What the exercise asks => Output exactly the lines below, starting with the line that has "W.contents output.old output.new" and going on through the line that has "let mut writer", both included, and no other lines.
== Data shown
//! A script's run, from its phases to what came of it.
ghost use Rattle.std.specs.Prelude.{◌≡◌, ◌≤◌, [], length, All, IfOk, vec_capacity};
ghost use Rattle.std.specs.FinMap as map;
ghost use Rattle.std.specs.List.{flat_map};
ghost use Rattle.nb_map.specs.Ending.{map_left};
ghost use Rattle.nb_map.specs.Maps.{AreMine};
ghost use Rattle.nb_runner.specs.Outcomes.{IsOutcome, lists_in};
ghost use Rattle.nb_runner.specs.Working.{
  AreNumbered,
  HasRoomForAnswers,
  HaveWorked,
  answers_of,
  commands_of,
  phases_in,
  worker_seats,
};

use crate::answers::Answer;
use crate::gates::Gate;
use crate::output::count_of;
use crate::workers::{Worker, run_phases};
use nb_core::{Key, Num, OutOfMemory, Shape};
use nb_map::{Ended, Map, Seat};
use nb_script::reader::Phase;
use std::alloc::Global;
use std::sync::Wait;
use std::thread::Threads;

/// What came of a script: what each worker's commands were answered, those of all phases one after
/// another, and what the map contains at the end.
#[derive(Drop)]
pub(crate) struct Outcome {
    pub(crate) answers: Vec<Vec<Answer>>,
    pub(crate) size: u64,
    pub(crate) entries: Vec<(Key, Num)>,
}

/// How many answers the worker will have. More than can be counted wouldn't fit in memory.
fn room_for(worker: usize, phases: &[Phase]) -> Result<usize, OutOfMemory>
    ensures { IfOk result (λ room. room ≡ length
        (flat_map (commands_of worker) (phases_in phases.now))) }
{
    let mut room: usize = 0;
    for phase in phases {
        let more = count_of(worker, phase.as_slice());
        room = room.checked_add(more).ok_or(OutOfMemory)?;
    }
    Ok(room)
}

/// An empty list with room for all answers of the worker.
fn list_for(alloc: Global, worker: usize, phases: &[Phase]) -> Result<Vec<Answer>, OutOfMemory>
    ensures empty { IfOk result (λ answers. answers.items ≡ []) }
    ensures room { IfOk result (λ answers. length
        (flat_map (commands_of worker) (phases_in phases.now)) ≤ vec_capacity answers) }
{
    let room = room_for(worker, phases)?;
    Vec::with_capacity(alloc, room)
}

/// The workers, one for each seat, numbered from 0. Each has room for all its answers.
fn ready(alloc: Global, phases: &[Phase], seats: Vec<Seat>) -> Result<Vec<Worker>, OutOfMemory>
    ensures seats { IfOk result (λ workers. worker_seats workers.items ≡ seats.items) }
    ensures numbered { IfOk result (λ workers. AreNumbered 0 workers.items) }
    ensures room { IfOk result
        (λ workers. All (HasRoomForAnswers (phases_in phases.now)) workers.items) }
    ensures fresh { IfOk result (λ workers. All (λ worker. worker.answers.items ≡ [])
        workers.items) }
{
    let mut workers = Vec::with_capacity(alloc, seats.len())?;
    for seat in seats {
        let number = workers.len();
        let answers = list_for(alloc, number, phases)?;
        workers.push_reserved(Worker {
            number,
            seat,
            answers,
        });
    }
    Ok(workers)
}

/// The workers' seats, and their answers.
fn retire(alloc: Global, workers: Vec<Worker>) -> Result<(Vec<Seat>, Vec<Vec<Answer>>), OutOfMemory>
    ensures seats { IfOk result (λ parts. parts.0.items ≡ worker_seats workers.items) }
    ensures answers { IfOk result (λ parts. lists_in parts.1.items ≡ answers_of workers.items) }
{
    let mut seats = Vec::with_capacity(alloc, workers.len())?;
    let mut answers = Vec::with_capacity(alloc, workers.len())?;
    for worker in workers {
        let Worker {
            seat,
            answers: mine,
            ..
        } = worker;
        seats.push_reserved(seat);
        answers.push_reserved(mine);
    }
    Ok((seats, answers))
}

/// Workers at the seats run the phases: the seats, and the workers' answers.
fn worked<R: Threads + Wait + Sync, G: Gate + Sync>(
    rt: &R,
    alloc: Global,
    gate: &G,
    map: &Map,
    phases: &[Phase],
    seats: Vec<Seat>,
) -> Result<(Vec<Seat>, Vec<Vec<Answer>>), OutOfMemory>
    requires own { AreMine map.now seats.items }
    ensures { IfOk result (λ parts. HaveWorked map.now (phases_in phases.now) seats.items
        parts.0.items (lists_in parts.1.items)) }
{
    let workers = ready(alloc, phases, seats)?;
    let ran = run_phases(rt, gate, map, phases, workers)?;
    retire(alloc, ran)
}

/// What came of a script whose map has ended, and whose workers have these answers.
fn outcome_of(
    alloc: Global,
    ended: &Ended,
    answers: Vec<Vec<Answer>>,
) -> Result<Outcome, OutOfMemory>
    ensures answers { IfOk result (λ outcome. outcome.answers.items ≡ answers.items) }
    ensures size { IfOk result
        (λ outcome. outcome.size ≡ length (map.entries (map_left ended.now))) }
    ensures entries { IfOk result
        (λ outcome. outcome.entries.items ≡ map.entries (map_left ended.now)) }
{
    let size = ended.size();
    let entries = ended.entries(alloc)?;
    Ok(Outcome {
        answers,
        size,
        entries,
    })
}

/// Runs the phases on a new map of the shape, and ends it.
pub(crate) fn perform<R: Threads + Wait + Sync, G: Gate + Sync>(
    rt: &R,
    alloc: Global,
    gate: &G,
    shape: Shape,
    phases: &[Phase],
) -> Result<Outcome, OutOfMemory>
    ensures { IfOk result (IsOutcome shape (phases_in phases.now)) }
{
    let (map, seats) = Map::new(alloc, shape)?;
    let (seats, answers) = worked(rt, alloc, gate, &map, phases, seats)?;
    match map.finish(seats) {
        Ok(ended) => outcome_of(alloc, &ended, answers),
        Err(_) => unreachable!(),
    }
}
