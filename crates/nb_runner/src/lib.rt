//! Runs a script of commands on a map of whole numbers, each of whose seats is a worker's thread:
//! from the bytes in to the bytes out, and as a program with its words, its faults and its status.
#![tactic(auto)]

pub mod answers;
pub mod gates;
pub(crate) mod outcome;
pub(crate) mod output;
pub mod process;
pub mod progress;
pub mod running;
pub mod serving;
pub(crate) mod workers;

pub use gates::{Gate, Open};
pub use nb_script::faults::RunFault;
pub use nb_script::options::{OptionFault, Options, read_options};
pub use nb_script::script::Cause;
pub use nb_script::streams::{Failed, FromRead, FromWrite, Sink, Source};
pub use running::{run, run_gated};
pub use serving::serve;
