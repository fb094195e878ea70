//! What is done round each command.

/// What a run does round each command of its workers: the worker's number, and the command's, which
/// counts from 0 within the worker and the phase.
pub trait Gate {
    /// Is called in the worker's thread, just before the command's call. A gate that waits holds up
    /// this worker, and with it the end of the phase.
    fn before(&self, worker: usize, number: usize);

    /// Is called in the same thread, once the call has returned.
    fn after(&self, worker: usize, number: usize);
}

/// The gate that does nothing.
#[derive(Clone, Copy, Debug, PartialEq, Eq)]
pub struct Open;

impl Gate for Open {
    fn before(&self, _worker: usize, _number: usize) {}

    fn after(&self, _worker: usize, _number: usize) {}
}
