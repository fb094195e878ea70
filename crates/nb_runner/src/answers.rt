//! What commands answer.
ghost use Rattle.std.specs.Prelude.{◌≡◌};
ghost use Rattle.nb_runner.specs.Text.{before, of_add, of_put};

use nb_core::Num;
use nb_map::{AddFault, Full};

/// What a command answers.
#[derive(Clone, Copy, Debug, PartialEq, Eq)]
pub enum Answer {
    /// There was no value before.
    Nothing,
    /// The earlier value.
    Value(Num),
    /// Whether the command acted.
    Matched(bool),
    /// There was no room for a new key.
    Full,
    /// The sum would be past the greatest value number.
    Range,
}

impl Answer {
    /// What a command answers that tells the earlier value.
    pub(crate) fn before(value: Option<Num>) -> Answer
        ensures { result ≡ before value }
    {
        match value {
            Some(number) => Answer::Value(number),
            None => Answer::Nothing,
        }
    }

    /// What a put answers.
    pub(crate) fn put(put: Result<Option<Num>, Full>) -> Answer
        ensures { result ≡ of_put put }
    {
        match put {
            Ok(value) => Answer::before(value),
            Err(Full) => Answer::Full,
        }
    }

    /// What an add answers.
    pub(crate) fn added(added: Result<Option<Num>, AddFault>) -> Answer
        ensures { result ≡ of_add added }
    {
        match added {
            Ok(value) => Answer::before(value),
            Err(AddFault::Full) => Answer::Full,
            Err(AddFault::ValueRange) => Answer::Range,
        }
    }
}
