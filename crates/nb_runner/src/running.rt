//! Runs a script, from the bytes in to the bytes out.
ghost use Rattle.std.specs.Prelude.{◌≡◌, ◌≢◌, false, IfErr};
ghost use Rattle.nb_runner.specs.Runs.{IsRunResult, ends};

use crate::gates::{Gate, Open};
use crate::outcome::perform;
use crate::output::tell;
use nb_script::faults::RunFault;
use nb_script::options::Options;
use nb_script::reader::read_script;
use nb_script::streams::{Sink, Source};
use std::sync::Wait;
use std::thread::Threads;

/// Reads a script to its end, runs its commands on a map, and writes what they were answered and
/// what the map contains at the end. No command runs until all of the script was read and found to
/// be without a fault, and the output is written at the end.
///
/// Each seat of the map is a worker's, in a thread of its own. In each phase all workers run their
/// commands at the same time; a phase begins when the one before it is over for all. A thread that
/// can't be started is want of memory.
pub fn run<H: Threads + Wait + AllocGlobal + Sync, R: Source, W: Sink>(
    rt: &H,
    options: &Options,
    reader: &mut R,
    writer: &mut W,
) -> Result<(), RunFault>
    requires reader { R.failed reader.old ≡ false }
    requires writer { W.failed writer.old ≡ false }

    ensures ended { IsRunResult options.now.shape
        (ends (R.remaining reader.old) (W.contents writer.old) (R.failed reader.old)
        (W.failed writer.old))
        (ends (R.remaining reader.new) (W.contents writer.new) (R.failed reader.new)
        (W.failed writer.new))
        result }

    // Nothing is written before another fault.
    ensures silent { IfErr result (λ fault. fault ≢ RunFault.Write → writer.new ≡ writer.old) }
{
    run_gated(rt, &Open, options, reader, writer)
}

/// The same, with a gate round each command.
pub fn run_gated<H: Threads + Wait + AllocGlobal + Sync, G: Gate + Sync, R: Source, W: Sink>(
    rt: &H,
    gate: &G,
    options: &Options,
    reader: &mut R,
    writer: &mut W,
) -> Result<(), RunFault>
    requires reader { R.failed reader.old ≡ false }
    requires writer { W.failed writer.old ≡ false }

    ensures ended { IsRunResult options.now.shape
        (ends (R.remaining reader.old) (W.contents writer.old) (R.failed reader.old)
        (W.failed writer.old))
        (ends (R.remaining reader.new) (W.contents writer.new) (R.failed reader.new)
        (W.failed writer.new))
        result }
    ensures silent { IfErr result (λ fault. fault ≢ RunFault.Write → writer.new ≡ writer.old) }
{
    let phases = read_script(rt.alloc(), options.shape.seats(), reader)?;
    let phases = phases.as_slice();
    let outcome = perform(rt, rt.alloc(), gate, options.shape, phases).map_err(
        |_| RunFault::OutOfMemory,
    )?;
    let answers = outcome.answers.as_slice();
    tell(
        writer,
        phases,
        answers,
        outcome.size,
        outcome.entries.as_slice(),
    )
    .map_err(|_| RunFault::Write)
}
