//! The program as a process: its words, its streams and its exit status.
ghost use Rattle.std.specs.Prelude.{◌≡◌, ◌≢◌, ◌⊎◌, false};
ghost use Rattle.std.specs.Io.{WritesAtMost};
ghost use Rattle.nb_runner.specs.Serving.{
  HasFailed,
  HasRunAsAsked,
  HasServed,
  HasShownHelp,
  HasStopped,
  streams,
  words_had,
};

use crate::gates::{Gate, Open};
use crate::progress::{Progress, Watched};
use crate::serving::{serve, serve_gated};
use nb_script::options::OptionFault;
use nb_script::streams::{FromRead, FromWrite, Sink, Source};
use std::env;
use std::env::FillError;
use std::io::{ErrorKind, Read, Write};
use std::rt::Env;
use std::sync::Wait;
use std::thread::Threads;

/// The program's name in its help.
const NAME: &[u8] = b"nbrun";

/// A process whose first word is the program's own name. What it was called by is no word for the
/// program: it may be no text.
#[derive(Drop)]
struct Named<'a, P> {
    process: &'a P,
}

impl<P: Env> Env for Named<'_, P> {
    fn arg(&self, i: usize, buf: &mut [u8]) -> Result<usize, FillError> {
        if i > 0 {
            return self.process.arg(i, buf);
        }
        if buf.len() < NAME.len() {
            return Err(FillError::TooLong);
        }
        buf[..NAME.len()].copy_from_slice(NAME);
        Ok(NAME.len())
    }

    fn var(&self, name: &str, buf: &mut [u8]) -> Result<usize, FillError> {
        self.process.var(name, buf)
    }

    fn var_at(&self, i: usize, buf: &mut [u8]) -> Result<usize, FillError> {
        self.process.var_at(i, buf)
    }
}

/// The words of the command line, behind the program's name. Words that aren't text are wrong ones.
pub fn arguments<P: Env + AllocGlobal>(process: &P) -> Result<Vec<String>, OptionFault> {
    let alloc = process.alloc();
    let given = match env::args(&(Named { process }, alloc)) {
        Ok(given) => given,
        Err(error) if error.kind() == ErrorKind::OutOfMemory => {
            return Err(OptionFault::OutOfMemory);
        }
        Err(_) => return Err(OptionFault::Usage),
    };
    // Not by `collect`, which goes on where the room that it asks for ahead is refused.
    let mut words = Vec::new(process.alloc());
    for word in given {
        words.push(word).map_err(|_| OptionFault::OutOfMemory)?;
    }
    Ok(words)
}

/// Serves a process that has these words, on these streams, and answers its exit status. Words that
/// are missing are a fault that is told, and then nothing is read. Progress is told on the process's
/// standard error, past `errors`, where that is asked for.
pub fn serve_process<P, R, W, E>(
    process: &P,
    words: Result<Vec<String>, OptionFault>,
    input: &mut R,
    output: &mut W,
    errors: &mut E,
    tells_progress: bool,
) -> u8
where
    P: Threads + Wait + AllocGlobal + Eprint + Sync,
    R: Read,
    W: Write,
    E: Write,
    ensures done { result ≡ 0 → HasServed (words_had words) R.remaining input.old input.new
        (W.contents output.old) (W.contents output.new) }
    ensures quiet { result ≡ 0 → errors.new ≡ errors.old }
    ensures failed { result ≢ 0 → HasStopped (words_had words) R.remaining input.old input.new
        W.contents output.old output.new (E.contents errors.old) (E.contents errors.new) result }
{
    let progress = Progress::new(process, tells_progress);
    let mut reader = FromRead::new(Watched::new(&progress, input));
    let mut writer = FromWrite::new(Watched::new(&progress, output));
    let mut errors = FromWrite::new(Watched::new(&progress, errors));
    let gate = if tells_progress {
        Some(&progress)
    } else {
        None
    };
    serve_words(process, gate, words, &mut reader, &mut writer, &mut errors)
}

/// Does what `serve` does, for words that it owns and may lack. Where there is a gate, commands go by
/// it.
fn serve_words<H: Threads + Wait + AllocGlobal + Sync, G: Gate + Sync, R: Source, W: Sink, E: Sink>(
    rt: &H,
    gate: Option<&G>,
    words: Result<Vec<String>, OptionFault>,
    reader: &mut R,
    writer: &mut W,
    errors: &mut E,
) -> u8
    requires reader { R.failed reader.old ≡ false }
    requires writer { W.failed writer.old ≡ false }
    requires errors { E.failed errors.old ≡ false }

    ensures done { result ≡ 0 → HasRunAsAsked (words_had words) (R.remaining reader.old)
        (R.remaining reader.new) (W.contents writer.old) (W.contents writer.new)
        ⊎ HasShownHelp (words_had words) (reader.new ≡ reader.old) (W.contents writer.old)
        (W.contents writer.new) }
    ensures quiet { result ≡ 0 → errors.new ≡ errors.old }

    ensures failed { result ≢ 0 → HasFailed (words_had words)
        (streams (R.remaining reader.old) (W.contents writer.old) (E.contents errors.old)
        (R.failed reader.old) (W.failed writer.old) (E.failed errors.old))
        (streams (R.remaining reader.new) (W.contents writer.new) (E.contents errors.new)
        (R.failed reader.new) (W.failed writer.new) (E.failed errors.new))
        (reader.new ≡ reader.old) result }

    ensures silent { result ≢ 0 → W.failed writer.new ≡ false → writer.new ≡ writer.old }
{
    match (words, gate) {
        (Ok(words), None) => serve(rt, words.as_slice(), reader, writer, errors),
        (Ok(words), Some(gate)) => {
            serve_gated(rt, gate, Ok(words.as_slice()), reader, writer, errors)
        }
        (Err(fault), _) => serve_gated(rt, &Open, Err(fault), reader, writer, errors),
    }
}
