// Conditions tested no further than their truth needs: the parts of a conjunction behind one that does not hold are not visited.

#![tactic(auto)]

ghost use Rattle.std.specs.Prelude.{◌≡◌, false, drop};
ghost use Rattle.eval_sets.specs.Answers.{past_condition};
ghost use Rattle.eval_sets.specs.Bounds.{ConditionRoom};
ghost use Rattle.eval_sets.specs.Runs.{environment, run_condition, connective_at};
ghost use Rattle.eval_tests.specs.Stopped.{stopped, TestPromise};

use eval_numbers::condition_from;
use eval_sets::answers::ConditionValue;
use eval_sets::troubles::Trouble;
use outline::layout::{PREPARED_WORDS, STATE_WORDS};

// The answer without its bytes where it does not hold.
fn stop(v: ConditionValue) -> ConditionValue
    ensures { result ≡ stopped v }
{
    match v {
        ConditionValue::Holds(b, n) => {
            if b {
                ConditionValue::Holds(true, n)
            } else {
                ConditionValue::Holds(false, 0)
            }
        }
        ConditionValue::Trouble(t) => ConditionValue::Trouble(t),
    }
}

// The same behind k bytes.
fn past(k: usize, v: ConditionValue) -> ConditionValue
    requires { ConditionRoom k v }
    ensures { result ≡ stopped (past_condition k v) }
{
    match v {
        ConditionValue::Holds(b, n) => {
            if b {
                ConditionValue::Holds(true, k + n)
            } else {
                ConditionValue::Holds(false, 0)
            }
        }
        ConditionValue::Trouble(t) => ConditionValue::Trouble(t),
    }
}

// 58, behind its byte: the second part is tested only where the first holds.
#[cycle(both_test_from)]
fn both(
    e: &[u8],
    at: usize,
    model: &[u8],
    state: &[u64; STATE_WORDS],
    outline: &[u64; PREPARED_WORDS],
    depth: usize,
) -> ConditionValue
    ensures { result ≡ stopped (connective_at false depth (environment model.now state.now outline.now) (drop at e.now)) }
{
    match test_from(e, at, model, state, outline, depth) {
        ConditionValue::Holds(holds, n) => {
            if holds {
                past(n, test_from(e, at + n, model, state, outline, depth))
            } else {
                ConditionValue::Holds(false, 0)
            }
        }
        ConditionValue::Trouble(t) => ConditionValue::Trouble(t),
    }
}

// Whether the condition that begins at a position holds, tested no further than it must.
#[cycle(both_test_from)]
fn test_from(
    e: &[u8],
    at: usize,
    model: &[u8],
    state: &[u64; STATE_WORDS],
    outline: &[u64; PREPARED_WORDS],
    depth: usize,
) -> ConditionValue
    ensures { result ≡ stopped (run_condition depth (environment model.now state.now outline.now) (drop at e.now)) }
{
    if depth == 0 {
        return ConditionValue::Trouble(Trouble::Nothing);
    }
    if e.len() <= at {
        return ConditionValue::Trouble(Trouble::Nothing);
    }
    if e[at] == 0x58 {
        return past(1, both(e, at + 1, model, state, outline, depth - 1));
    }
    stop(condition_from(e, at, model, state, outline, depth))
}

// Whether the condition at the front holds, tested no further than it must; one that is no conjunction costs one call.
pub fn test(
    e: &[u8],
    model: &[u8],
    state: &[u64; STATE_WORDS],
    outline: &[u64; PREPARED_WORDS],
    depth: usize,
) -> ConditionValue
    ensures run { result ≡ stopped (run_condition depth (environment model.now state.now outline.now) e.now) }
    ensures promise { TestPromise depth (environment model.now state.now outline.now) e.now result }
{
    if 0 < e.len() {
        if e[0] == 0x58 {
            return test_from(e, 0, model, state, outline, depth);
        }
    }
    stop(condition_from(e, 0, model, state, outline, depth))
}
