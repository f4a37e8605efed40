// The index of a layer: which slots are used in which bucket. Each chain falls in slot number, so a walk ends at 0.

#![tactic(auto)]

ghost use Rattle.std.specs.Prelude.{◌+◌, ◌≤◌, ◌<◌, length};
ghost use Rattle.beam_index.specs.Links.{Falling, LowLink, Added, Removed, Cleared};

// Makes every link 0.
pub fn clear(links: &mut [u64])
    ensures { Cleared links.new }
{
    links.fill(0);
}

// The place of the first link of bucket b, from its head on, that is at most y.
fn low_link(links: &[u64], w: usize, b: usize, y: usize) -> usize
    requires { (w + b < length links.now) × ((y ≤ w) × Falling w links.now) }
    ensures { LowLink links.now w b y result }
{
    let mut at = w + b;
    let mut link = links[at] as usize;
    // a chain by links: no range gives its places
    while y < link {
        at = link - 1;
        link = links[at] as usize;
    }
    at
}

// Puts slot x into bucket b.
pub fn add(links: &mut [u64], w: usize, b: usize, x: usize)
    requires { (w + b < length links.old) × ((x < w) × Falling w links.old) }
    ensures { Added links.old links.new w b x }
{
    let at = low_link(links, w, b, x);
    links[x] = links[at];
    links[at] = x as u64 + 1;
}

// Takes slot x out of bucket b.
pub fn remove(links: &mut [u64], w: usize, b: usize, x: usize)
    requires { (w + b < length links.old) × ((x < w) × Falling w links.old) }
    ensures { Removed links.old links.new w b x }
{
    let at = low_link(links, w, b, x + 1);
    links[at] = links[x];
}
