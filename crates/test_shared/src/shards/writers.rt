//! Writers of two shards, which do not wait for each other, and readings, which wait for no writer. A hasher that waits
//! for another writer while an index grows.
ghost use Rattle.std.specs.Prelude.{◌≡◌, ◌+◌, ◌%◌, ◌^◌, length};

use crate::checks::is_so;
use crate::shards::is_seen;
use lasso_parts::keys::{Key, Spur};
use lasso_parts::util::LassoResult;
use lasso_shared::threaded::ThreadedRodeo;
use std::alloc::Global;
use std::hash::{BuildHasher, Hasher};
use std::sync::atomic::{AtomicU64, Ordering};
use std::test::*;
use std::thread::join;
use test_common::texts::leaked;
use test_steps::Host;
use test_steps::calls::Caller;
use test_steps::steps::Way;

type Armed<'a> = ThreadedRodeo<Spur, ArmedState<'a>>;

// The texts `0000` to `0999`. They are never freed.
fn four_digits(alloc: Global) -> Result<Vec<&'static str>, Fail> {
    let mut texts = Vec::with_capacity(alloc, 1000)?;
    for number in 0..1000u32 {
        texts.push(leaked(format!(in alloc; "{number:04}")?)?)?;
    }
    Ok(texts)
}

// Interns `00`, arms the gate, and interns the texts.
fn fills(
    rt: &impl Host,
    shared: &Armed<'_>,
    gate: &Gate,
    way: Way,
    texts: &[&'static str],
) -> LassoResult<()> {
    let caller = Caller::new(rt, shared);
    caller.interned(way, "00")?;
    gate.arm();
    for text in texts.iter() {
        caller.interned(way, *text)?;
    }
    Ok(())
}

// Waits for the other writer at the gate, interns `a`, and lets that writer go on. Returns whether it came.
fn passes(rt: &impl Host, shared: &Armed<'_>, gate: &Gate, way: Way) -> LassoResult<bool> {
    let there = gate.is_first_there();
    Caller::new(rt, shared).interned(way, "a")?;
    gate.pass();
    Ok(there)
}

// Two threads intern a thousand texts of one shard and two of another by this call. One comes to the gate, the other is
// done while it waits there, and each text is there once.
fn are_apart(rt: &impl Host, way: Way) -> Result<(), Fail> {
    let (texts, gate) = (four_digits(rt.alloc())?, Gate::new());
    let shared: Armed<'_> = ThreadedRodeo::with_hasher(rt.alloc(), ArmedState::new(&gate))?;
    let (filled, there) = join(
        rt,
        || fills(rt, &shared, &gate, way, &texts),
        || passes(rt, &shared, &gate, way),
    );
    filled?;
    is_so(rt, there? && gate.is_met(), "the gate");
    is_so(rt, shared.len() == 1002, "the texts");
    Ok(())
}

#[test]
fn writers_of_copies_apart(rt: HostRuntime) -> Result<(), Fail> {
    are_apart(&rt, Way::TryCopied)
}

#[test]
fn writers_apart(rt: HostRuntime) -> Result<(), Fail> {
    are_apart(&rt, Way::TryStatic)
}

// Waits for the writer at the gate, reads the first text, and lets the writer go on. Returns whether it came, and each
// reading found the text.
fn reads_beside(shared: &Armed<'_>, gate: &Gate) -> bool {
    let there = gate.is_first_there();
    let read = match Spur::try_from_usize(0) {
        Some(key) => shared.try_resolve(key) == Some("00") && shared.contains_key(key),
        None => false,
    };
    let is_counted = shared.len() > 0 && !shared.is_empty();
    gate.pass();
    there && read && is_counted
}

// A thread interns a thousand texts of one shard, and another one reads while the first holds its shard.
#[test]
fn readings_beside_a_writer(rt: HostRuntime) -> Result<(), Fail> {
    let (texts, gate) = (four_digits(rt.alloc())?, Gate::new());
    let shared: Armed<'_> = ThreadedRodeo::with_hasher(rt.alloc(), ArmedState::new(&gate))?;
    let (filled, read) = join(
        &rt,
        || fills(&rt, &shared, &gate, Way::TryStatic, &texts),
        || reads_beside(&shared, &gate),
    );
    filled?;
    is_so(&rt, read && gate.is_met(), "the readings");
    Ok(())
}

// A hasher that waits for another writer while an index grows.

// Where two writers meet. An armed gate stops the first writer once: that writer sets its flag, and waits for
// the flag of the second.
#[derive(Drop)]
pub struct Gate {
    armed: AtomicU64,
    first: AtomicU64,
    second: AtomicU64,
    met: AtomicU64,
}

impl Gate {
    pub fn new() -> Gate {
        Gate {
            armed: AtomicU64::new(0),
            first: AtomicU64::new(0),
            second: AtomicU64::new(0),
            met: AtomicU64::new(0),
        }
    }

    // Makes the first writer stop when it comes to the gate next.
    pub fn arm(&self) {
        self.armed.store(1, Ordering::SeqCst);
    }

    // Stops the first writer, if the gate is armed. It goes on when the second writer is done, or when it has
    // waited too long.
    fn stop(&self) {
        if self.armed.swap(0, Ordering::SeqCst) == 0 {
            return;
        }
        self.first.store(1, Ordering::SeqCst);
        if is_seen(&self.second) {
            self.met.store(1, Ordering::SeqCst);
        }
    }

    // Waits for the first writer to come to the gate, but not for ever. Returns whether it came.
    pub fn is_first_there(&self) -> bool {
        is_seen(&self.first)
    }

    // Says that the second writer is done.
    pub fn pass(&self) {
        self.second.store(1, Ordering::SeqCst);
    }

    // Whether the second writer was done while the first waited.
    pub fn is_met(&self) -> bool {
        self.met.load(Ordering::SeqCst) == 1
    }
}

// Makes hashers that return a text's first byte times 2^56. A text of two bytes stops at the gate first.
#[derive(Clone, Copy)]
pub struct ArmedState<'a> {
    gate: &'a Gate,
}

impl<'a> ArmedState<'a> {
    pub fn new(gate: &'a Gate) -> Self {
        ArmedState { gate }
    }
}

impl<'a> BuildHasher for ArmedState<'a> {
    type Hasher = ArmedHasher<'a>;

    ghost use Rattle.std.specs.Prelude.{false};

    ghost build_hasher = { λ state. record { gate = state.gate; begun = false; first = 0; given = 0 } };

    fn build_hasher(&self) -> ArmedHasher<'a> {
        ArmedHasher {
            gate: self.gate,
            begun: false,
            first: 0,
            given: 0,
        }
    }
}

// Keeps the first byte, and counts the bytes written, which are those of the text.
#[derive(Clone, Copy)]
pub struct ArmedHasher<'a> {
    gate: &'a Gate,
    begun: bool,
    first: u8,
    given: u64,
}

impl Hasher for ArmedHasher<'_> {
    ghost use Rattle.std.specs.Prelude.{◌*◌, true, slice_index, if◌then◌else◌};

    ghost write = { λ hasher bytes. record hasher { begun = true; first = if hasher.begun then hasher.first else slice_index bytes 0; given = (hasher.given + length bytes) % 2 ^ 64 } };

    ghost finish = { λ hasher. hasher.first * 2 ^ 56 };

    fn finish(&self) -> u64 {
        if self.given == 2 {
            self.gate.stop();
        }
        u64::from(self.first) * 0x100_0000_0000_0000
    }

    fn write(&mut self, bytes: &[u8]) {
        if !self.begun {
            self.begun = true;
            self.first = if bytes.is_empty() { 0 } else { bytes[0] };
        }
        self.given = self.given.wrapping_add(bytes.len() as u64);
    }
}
====
Response area =>
        W.contents output.old output.new (E.contents errors.old) (E.contents errors.new) result }
{
    let progress = Progress::new(process, tells_progress);
    let mut reader = FromRead::new(Watched::new(&progress, input));
    let mut writer = FromWrite::new(Watched::new(&progress, output));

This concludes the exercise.